REQUIRED ACTION: Go through the data below and return each line where the string "Wait" occurs.

INPUT below:

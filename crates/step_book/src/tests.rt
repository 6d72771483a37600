//! Two workers draw from one book.

ghost use Rattle.std.specs.Prelude.{◌≡◌, ◌<◌};

use crate::{Book, Draw};
use std::alloc::{AllocError, Global};
use std::marker::Brand;
use std::process::Abort;
use std::sync::Wait;
use std::sync::ledger::{Blank, Ledger};
use std::test::Fail;

fn three_draws<N: Ledger, M: Ledger, R: Wait>(
    rt: &R,
    alloc: Global,
    tries: Blank,
    cap: Blank,
) -> Result<(Draw, Draw, Draw, u64), AllocError>
    requires tries { (tries.name ≡ N.name) × (tries.parts ≡ N.parts) × (tries.parts ≡ 2) }
    requires cap { (cap.name ≡ M.name) × (cap.parts ≡ M.parts) × (cap.parts ≡ 1) }
{
    let (book, mut shares) = Book::<N, M>::new(alloc, tries, cap, 2, 2)?;
    let Some(mut first) = shares.take_share() else {
        unreachable!();
    };
    let Some(mut second) = shares.take_share() else {
        unreachable!();
    };
    let one = book.draw(rt, &mut first);
    let two = book.draw(rt, &mut second);
    let three = book.draw(rt, &mut first);
    shares.give_share(first);
    shares.give_share(second);
    Ok((one, two, three, book.total(shares)))
}

#[test]
fn two_draws_and_no_third(rt: HostRuntime) -> Result<(), Fail> {
    let drawn = three_draws::<Brand, Brand, HostRuntime>(
        &rt,
        rt.alloc(),
        Blank::new(2),
        Blank::new(1),
    )?;
    assert_eq!(rt; drawn, (Draw::Taken, Draw::Taken, Draw::Spent, 2));
    Ok(())
}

End of INPUT.

TASK ANSWER:
use std::sync::Wait;
fn three_draws<N: Ledger, M: Ledger, R: Wait>(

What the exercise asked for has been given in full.